JB: The short answer is no, but there’s actually a longer explanation for the no. The short answer is that military aid should not be on the table — this is an absolutely essential aspect of Israel’s security, and it’s an essential aspect of the U.S.-Israel relationship. However, the U.S. should be able to get across that, as an ally, and as a partner in this relationship with its own interests and view of what will actually move the situation forward, its voice and its views need to be listened to, and that means some serious, behind-closed-doors conversations between the president and the prime minister.
He suggests the Obama administration has overemphasized the settlement freeze, but is all for pressure on Israel when the time is right:
If this is a card game, I wouldn’t go all in on the settlement freeze. I think that the settlement freeze is an important precondition, it’s an important early issue, but the fundamental issue is to get to two states, let’s get to a final status agreement, and it’s at that point that I think the full force of the U.S. should be brought to bear on all the parties. And let me be really clear: all the parties.

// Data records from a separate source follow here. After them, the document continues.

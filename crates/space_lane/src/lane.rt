//! The lane of a space over its chunk.
ghost use Rattle.std.specs.Prelude.{◌≡◌, ◌+◌, ◌*◌, ◌^◌, ◌<◌, ◌≤◌, [], ◌∷◌, ℕ, length, IsTrue, OnOk, IfErr, IsErrOf};
ghost use Rattle.site_disk.specs.Bytes.{Same, Torn, written};
ghost use Rattle.site_disk.specs.Causes.{HasCause};
ghost use Rattle.site_disk.specs.Images.{Leaves, OnlyAfter, IsSynced, Unchanged};
ghost use Rattle.site_disk.specs.Ledger.{MayUse, Uses};
ghost use Rattle.site_disk.specs.Seen.{seen};
ghost use Rattle.gated_slots.specs.Header.{StandsClosed};
ghost use Rattle.before_images.specs.Saved.{place_of};
ghost use Rattle.site_headers.specs.Headers.{HasHeader};
ghost use Rattle.space_pages.specs.Pages.{empty_pages};
ghost use Rattle.backup_lines.specs.declared.lanes.LaneState.{LaneState as StateView};
ghost use Rattle.lane_ways.specs.Pictures.{Stand, pages_at};
ghost use Rattle.lane_mark.specs.Layout.{FitsState};
ghost use Rattle.space_lane.specs.Answers.{FailsOn, IsOpening, IsReading, IsRefusal};
ghost use Rattle.space_lane.specs.Chunks.{HasMark, IsCount, IsPage, IsSettled, SamePages, chunk_tail, page_at, settled};
ghost use Rattle.space_lane.specs.Stops.{MayFormat, MayLose, MayRestore, MayReopen, MaySet, StaysClosed};

use crate::emptying::{empty_chunk, lose_chunk};
use crate::faults::LaneFault;
use crate::header::has_header;
use crate::opening::{load_state, settle};
use crate::pages::{put_page, read_page};
use crate::places::{IMAGES_AT, MARK_AT};
use crate::reopening::write_state;
use crate::states::store_state;
use backup_lines::LaneState;
use before_images::Images;
use site_disk::{Disk, Era, Failed};
use twin_mark::Mark;

/// The lane of a space over its chunk.
#[derive(Drop)]
pub struct Lane<D> {
    pub(crate) disk: D,
    pub(crate) space: u16,
    pub(crate) pages: u32,
    pub(crate) state: LaneState,
    pub(crate) mark: Mark,
    pub(crate) images: Images,
}
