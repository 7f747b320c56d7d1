//! The mark written anew, and the header opened over it.
ghost use Rattle.std.specs.Prelude.{◌≡◌, IsTrue, OnOk};
ghost use Rattle.site_disk.specs.Causes.{HasCause};
ghost use Rattle.site_disk.specs.Images.{Leaves, OnlyAfter};
ghost use Rattle.site_disk.specs.Ledger.{MayUse, Uses};
ghost use Rattle.site_disk.specs.Seen.{seen};
ghost use Rattle.twin_mark.specs.Marks.{Knows};
ghost use Rattle.lane_ways.specs.Pictures.{mark_at};
ghost use Rattle.lane_mark.specs.Layout.{FitsState};
ghost use Rattle.space_lane.specs.Lanes.{IsEmptied};
ghost use Rattle.space_lane.specs.Stops.{MayReopen, Reopens};

use crate::header::write_header;
use backup_lines::LaneState;
use gated_slots::header_open;
use lane_mark::encode_into;
use site_disk::{Disk, Era, Failed};
use twin_mark::Mark;

/// Syncs the pages, writes the mark anew, and opens the header over it.
pub(crate) fn write_state<D: Disk>(
    disk: &mut D,
    era: &Era,
    mark: &mut Mark,
    site: u64,
    space: u16,
    pages: u32,
    state: &LaneState,
) -> Result<(), Failed>
    requires era { MayUse era.now (D.ledger disk.old) }
    requires base { mark.old.base ≡ mark_at }
    requires fits { FitsState state.now }
    ensures base { mark.new.base ≡ mark.old.base }
    ensures reopens { IsTrue D.is_modelled → IsEmptied pages (seen D.Disk disk.old)
        → OnOk result (Reopens site space pages state.now (D.bytes disk.old) (D.bytes disk.new)) }
    ensures knows { IsTrue D.is_modelled → OnOk result (Knows mark.new (D.bytes disk.new)) }
    ensures durable { IsTrue D.is_modelled → OnOk result (OnlyAfter era.now.number (D.bytes disk.new) (D.image disk.new)) }
    ensures crash { IsTrue D.is_modelled → IsEmptied pages (seen D.Disk disk.old)
        → Leaves era.now.number (MayReopen site space pages state.now (D.bytes disk.old)) (D.image disk.old) (D.image disk.new) }
    ensures ledger { Uses era.now 0 9217 (D.ledger disk.old) (D.ledger disk.new) }
    ensures cause { HasCause (D.ledger disk.old).faults (D.ledger disk.new).faults result }
{
    let mut page = [0; 4096];
    write_header(site, space, pages, &mut page);
    let mut bytes = [0; 255];
    encode_into(state, &mut bytes);
    disk.sync(era)?;
    mark.format(disk, era, &bytes)?;
    header_open(disk, era, &page)
}
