//! The state in the mark, set.
ghost use Rattle.std.specs.Prelude.{◌≡◌, ◌+◌, ◌≤◌, length, IsTrue, OnOk, OnErr};
ghost use Rattle.site_disk.specs.Causes.{HasCause};
ghost use Rattle.site_disk.specs.Images.{Leaves, OnlyAfter};
ghost use Rattle.site_disk.specs.Ledger.{MayUse, Uses};
ghost use Rattle.site_disk.specs.Seen.{seen};
ghost use Rattle.twin_mark.specs.Marks.{Knows};
ghost use Rattle.lane_ways.specs.Pictures.{images_at, mark_at, pages_at};
ghost use Rattle.lane_mark.specs.Layout.{FitsState, spelling};
ghost use Rattle.space_lane.specs.Stops.{IsSet, MaySet};

use backup_lines::LaneState;
use before_images::Images;
use lane_mark::encode_into;
use site_disk::{Disk, Era, Failed};
use twin_mark::Mark;

/// Syncs the pages, drops what is kept, and stores the state.
///
/// What is kept could be of the very place of this state, so it goes before the state is stored.
pub(crate) fn store_state<D: Disk>(
    disk: &mut D,
    era: &Era,
    images: &mut Images,
    mark: &mut Mark,
    state: &LaneState,
) -> Result<(), Failed>
    requires era { MayUse era.now (D.ledger disk.old) }
    requires images { images.old.base ≡ images_at }
    requires base { mark.old.base ≡ mark_at }
    requires fits { FitsState state.now }
    ensures images { images.new ≡ images.old }
    ensures base { mark.new.base ≡ mark.old.base }
    ensures value { OnErr result (mark.new ≡ mark.old) }
    ensures stored { IsTrue D.is_modelled → Knows mark.old (D.bytes disk.old) → pages_at ≤ length (D.bytes disk.old)
        → OnOk result (IsSet (spelling state.now) (D.bytes disk.old) (D.bytes disk.new)) }
    ensures knows { IsTrue D.is_modelled → Knows mark.old (D.bytes disk.old) → pages_at ≤ length (D.bytes disk.old)
        → OnOk result (Knows mark.new (D.bytes disk.new)) }
    ensures durable { IsTrue D.is_modelled → OnOk result (OnlyAfter era.now.number (D.bytes disk.new) (D.image disk.new)) }
    ensures crash { IsTrue D.is_modelled → Knows mark.old (D.bytes disk.old) → pages_at ≤ length (D.bytes disk.old)
        → Leaves era.now.number (MaySet state.now (D.bytes disk.old)) (D.image disk.old) (D.image disk.new) }
    ensures ledger { Uses era.now 2 13059 (D.ledger disk.old) (D.ledger disk.new) }
    ensures bound { IsTrue D.is_modelled → Knows mark.old (D.bytes disk.old) → pages_at ≤ length (D.bytes disk.old)
        → (D.ledger disk.new).written ≤ (D.ledger disk.old).written + 259 }
    ensures cause { HasCause (D.ledger disk.old).faults (D.ledger disk.new).faults result }
{
    let mut bytes = [0; 255];
    encode_into(state, &mut bytes);
    disk.sync(era)?;
    images.drop_all(disk, era)?;
    mark.store(disk, era, &bytes)
}
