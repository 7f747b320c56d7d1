//! A chunk's header closed, and the chunk emptied behind it.
ghost use Rattle.std.specs.Prelude.{◌≡◌, ◌+◌, ◌*◌, ◌≤◌, [], ◌∷◌, length, IsTrue, OnOk};
ghost use Rattle.site_disk.specs.Bytes.{Torn, written};
ghost use Rattle.site_disk.specs.Causes.{HasCause};
ghost use Rattle.site_disk.specs.Images.{Leaves, OnlyAfter};
ghost use Rattle.site_disk.specs.Ledger.{MayUse, Uses};
ghost use Rattle.site_disk.specs.Seen.{seen};
ghost use Rattle.gated_slots.specs.Header.{IsClosed, StandsClosed};
ghost use Rattle.before_images.specs.Saved.{place_of};
ghost use Rattle.space_pages.specs.Pages.{empty_pages};
ghost use Rattle.lane_ways.specs.Pictures.{Stand, pages_at};
ghost use Rattle.space_lane.specs.Chunks.{KeepsNone};
ghost use Rattle.space_lane.specs.Stops.{MayLose, StaysClosed};

use crate::pages::write_empty_page;
use crate::places::{IMAGES_AT, PAGES_AT, place_of};
use gated_slots::header_close;
use site_disk::{Disk, Era, Failed, close_gate, extend_to};

/// Syncs, and closes the header.
pub(crate) fn lose_chunk<D: Disk>(disk: &mut D, era: &Era) -> Result<(), Failed>
    requires { MayUse era.now (D.ledger disk.old) }
    ensures bytes { IsTrue D.is_modelled → OnOk result (D.bytes disk.new ≡ written 0 (0 ∷ []) (D.bytes disk.old)) }
    ensures closed { IsTrue D.is_modelled → OnOk result (StandsClosed (seen D.Disk disk.new)) }
    ensures durable { IsTrue D.is_modelled → OnOk result (OnlyAfter era.now.number (D.bytes disk.new) (D.image disk.new)) }
    ensures crash { IsTrue D.is_modelled → Leaves era.now.number MayLose (D.image disk.old) (D.image disk.new) }
    ensures ledger { Uses era.now 1 1 (D.ledger disk.old) (D.ledger disk.new) }
    ensures cause { HasCause (D.ledger disk.old).faults (D.ledger disk.new).faults result }
{
    disk.sync(era)?;
    header_close(disk, era)
}

// Writes all pages empty.
fn write_pages<D: Disk>(disk: &mut D, era: &Era, space: u16, pages: u32) -> Result<(), Failed>
    requires era { MayUse era.now (D.ledger disk.old) }
    requires within { IsTrue D.is_modelled → pages_at ≤ length (D.bytes disk.old) }
    ensures pages { IsTrue D.is_modelled → OnOk result (Stand space 0 (empty_pages pages) (D.bytes disk.new)) }
    ensures long { IsTrue D.is_modelled → OnOk result (place_of pages_at pages ≤ length (D.bytes disk.new)) }
    ensures torn { IsTrue D.is_modelled → OnOk result (Torn pages_at (4096 * pages) (D.bytes disk.old) (D.bytes disk.new)) }
    ensures crash { Leaves era.now.number (Torn pages_at (4096 * pages)) (D.image disk.old) (D.image disk.new) }
    ensures ledger { Uses era.now 0 (4096 * pages) (D.ledger disk.old) (D.ledger disk.new) }
    ensures cause { HasCause (D.ledger disk.old).faults (D.ledger disk.new).faults result }
{
    let mut bytes = [0; 4096];
    for page in 0..pages {
        write_empty_page(space, page, &mut bytes);
        disk.write_at(era, place_of(page), &bytes)?;
    }
    Ok(())
}

/// Writes all pages empty, and drops what is kept. A closed header stays closed in every image.
pub(crate) fn empty_chunk<D: Disk>(
    disk: &mut D,
    era: &Era,
    space: u16,
    pages: u32,
) -> Result<(), Failed>
    requires era { MayUse era.now (D.ledger disk.old) }
    ensures pages { IsTrue D.is_modelled → OnOk result (Stand space 0 (empty_pages pages) (D.bytes disk.new)) }
    ensures none { IsTrue D.is_modelled → OnOk result (KeepsNone (D.bytes disk.new)) }
    ensures long { IsTrue D.is_modelled → OnOk result (place_of pages_at pages ≤ length (D.bytes disk.new)) }
    ensures closed { IsTrue D.is_modelled → OnOk result (StaysClosed (D.bytes disk.old) (D.bytes disk.new)) }
    ensures crash { IsTrue D.is_modelled → IsClosed (D.bytes disk.old)
        → Leaves era.now.number StaysClosed (D.image disk.old) (D.image disk.new) }
    ensures ledger { Uses era.now 1 (77825 + 4096 * pages) (D.ledger disk.old) (D.ledger disk.new) }
    ensures cause { HasCause (D.ledger disk.old).faults (D.ledger disk.new).faults result }
{
    extend_to(disk, era, PAGES_AT)?;
    // Nothing stands behind the header, so that it doesn't matter what a stop leaves of the gate.
    close_gate(disk, era, IMAGES_AT)?;
    write_pages(disk, era, space, pages)
}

And on and on. Read it, it’s a nice, frank "frenemies" exchange. (If I’d known that’s what it takes to extract meaningful thinking from Jeremy was a little public abuse, I would have indulged ages ago.)
The best line though comes in commentary by Goldberg’s Atlantic colleague, Andrew Sullivan. Regarding Ben-Ami’s refusal to countenance using military assistance as leverage he says:
Netanyahu knows he can do anything he wants without any real blowback from the US. And he has about as much interest in a two-state solution as I have in marrying a woman.

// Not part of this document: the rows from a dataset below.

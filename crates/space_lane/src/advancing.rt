//! A lane brought forward along its way.
ghost use Rattle.std.specs.Prelude.{◌≡◌, ◌+◌, ◌*◌, ◌≤◌, ◌^◌, ℕ, false, length, map, None, Some, IsTrue, IfOk, OnOk};
ghost use Rattle.site_disk.specs.Causes.{HasCause};
ghost use Rattle.site_disk.specs.Images.{IsSynced, Leaves, OnlyAfter};
ghost use Rattle.site_disk.specs.Ledger.{MayUse, Uses};
ghost use Rattle.site_disk.specs.Seen.{seen};
ghost use Rattle.log_history.specs.History.{History};
ghost use Rattle.txn_table.specs.Table.{change_of};
ghost use Rattle.backup_lines.specs.declared.lanes.LaneState.{LaneState as StateView};
ghost use Rattle.lane_ways.specs.Pictures.{Stand};
ghost use Rattle.lane_ways.specs.Ways.{lane_pages};
ghost use Rattle.lane_advance.specs.Advances.{Leads, MayAdvance};
ghost use Rattle.lane_advance.specs.Places.{place_in, with_place};
ghost use Rattle.space_lane.specs.Steps.{StepsTo};

use crate::lane::Lane;
use lane_advance::{advance, advance_step, place_in, with_place};
use site_disk::{Disk, Era, Failed};
use txn_table::Change;

// Whether a place isn't the position.
fn is_short(place: (u64, u32), to: u64) -> bool
    ensures there { result ≡ false → (place.0 ≡ to) × (place.1 ≡ 0) }
    ensures short { (place.0 ≡ to) × (place.1 ≡ 0) → result ≡ false }
{
    place.0 != to || place.1 != 0
}

impl<D: Disk> Lane<D> {
    ghost use Rattle.space_lane.specs.Lanes.{disk_of, space_of, count_of, state_of, IsMade, IsOpen, Agrees, Stands};

    /// Brings the pages forward by changes, until the lane stands at a position.
    ///
    /// The changes may be of all spaces, and may begin before the lane's place. A lane that was emptied or merges images stays
    /// as it is, and so does one that stands at the position already.
    pub fn advance(&mut self, era: &Era, to: u64, changes: &[Change]) -> Result<(), Failed>
        requires era { MayUse era.now (D.ledger (disk_of self.old)) }
        requires opened { IsOpen self.old }
        requires to { to ≤ 2 ^ 48 }

        ensures made { IsMade self.new }
        ensures space { space_of self.new ≡ space_of self.old }
        ensures count { count_of self.new ≡ count_of self.old }
        ensures opened { OnOk result (IsOpen self.new) }
        ensures state { OnOk result (state_of self.new ≡ with_place (state_of self.old) to 0) }

        ensures stands { IsTrue D.is_modelled → (history : History) (n site count upto part : ℕ) (state : StateView)
            → place_in state ≡ Some (record { upto = upto; part = part })
            → Leads history n (space_of self.old) count to upto part (map change_of changes.now)
            → Stands site count state (seen D.Disk (disk_of self.old)) self.old
            → Stand (space_of self.old) 0 (lane_pages history n (space_of self.old) upto part count) (D.bytes (disk_of self.old))
            → OnOk result (Stands site count (with_place state to 0) (seen D.Disk (disk_of self.new)) self.new) }
        ensures pages { IsTrue D.is_modelled → (history : History) (n site count upto part : ℕ) (state : StateView)
            → place_in state ≡ Some (record { upto = upto; part = part })
            → Leads history n (space_of self.old) count to upto part (map change_of changes.now)
            → Stands site count state (seen D.Disk (disk_of self.old)) self.old
            → Stand (space_of self.old) 0 (lane_pages history n (space_of self.old) upto part count) (D.bytes (disk_of self.old))
            → OnOk result (Stand (space_of self.old) 0 (lane_pages history n (space_of self.old) to 0 count) (D.bytes (disk_of self.new))) }
        // A place on the way that isn't before the first one, with its pages.
        ensures crash { IsTrue D.is_modelled → (history : History) (n site count upto part : ℕ) (state : StateView)
            → place_in state ≡ Some (record { upto = upto; part = part })
            → Leads history n (space_of self.old) count to upto part (map change_of changes.now)
            → Stands site count state (seen D.Disk (disk_of self.old)) self.old
            → Stand (space_of self.old) 0 (lane_pages history n (space_of self.old) upto part count) (D.bytes (disk_of self.old))
            → Leaves era.now.number (MayAdvance history n (space_of self.old) count state upto part (D.bytes (disk_of self.old)))
            (D.image (disk_of self.old)) (D.image (disk_of self.new)) }
        ensures durable { IsTrue D.is_modelled → IsSynced (seen D.Disk (disk_of self.old))
            → OnOk result (OnlyAfter era.now.number (D.bytes (disk_of self.new)) (D.image (disk_of self.new))) }
        ensures nothing { place_in (state_of self.old) ≡ Some (record { upto = to; part = 0 }) → disk_of self.new ≡ disk_of self.old }
        ensures nowhere { place_in (state_of self.old) ≡ None → self.new ≡ self.old }

        ensures ledger { Uses era.now (131074 * (length changes.now + 2)) ((295683 + 4096 * count_of self.old) * (length changes.now + 2))
            (D.ledger (disk_of self.old)) (D.ledger (disk_of self.new)) }
        ensures bound { IsTrue D.is_modelled → (site count : ℕ) (state : StateView)
            → Agrees site count state (D.bytes (disk_of self.old)) self.old
            → (D.ledger (disk_of self.new)).written ≤ (D.ledger (disk_of self.old)).written + 135427 * (length changes.now + 1) + 259 }
        ensures cause { HasCause (D.ledger (disk_of self.old)).faults (D.ledger (disk_of self.new)).faults result }
    {
        let Some(from) = place_in(&self.state) else {
            return Ok(());
        };
        advance(
            &mut self.disk,
            era,
            &mut self.images,
            &mut self.mark,
            self.space,
            self.pages,
            &self.state,
            from,
            to,
            changes,
        )?;
        self.state = with_place(&self.state, to, 0);
        Ok(())
    }

    /// One step of what `advance` does, of at most 16 pages, or its last move, which takes the mark to the position. It answers whether the
    /// lane stands short of the position still.
    ///
    /// A lane that was emptied or merges images stays as it is, and so does one that stands at the position already.
    pub fn advance_one(&mut self, era: &Era, to: u64, changes: &[Change]) -> Result<bool, Failed>
        requires era { MayUse era.now (D.ledger (disk_of self.old)) }
        requires opened { IsOpen self.old }
        requires to { to ≤ 2 ^ 48 }

        ensures made { IsMade self.new }
        ensures space { space_of self.new ≡ space_of self.old }
        ensures count { count_of self.new ≡ count_of self.old }
        ensures opened { OnOk result (IsOpen self.new) }

        // It comes to the position, or to another place that isn't before the first one; the changes lead on from there.
        ensures goes { (history : History) (n upto part : ℕ) → place_in (state_of self.old) ≡ Some (record { upto = upto; part = part })
            → Leads history n (space_of self.old) (count_of self.old) to upto part (map change_of changes.now)
            → IfOk result (λ more. StepsTo history n (space_of self.old) (count_of self.old) to upto part (map change_of changes.now)
            (state_of self.old) (state_of self.new) more) }
        ensures stands { IsTrue D.is_modelled → (history : History) (n site count upto part : ℕ) (state : StateView)
            → place_in state ≡ Some (record { upto = upto; part = part })
            → Leads history n (space_of self.old) count to upto part (map change_of changes.now)
            → Stands site count state (seen D.Disk (disk_of self.old)) self.old
            → Stand (space_of self.old) 0 (lane_pages history n (space_of self.old) upto part count) (D.bytes (disk_of self.old))
            → OnOk result (Stands site count (state_of self.new) (seen D.Disk (disk_of self.new)) self.new) }
        ensures pages { IsTrue D.is_modelled → (history : History) (n site count upto part further more : ℕ) (state : StateView)
            → place_in state ≡ Some (record { upto = upto; part = part })
            → Leads history n (space_of self.old) count to upto part (map change_of changes.now)
            → Stands site count state (seen D.Disk (disk_of self.old)) self.old
            → Stand (space_of self.old) 0 (lane_pages history n (space_of self.old) upto part count) (D.bytes (disk_of self.old))
            → place_in (state_of self.new) ≡ Some (record { upto = further; part = more })
            → OnOk result (Stand (space_of self.old) 0 (lane_pages history n (space_of self.old) further more count) (D.bytes (disk_of self.new))) }
        ensures crash { IsTrue D.is_modelled → (history : History) (n site count upto part : ℕ) (state : StateView)
            → place_in state ≡ Some (record { upto = upto; part = part })
            → Leads history n (space_of self.old) count to upto part (map change_of changes.now)
            → Stands site count state (seen D.Disk (disk_of self.old)) self.old
            → Stand (space_of self.old) 0 (lane_pages history n (space_of self.old) upto part count) (D.bytes (disk_of self.old))
            → Leaves era.now.number (MayAdvance history n (space_of self.old) count state upto part (D.bytes (disk_of self.old)))
            (D.image (disk_of self.old)) (D.image (disk_of self.new)) }
        ensures durable { IsTrue D.is_modelled → IsSynced (seen D.Disk (disk_of self.old))
            → OnOk result (OnlyAfter era.now.number (D.bytes (disk_of self.new)) (D.image (disk_of self.new))) }
        ensures nowhere { place_in (state_of self.old) ≡ None → self.new ≡ self.old }

        ensures ledger { Uses era.now 131076 (308742 + 4096 * count_of self.old) (D.ledger (disk_of self.old)) (D.ledger (disk_of self.new)) }
        ensures bound { IsTrue D.is_modelled → (site count : ℕ) (state : StateView)
            → Agrees site count state (D.bytes (disk_of self.old)) self.old
            → (D.ledger (disk_of self.new)).written ≤ (D.ledger (disk_of self.old)).written + 135686 }
        ensures cause { HasCause (D.ledger (disk_of self.old)).faults (D.ledger (disk_of self.new)).faults result }
    {
        let Some(from) = place_in(&self.state) else {
            return Ok(false);
        };
        let place = advance_step(
            &mut self.disk,
            era,
            &mut self.images,
            &mut self.mark,
            self.space,
            self.pages,
            &self.state,
            from,
            to,
            changes,
        )?;
        let more = is_short(place, to);
        self.state = with_place(&self.state, place.0, place.1);
        Ok(more)
    }
}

Sullivan’s not right though — Daniel Kurtzer, the former ambassador to Israel who advised Obama’s campaign, has mapped out grades of pressure short of touching military assistance. Here he is in an interview we had a year and a half ago about a boook he co-wrote about Middle East peace:
As an example of “consequences” that could be exacted for failing to live up to commitments, the book cites the first President Bush’s withholding of loan guarantees to the Shamir government until it agreed to freeze settlement building in 1991. It also notes the political price such tensions create, often undermining Israeli leaders who need to prove to the elctorate that they have the confidence of the U.S. president and the American Jewish community.
The book makes clear that defense funding for Israel must be exempt from such sanctions. And in his interview with JTA, Kurtzer said many steps are taken before economic penalties.
“You don’t think in the first thing to punish somebody, you don’t say we’re going to cut the aid,” he said. “You have discussions, and you show you’re serious.”
By “serious,” Kurtzer said, the United States could send signals by lowering the rank of the officials who deal with Israel or through reducing its commitment to joint U.S.-Israel programs.
“Down the line you might come to the economic issue,” he said.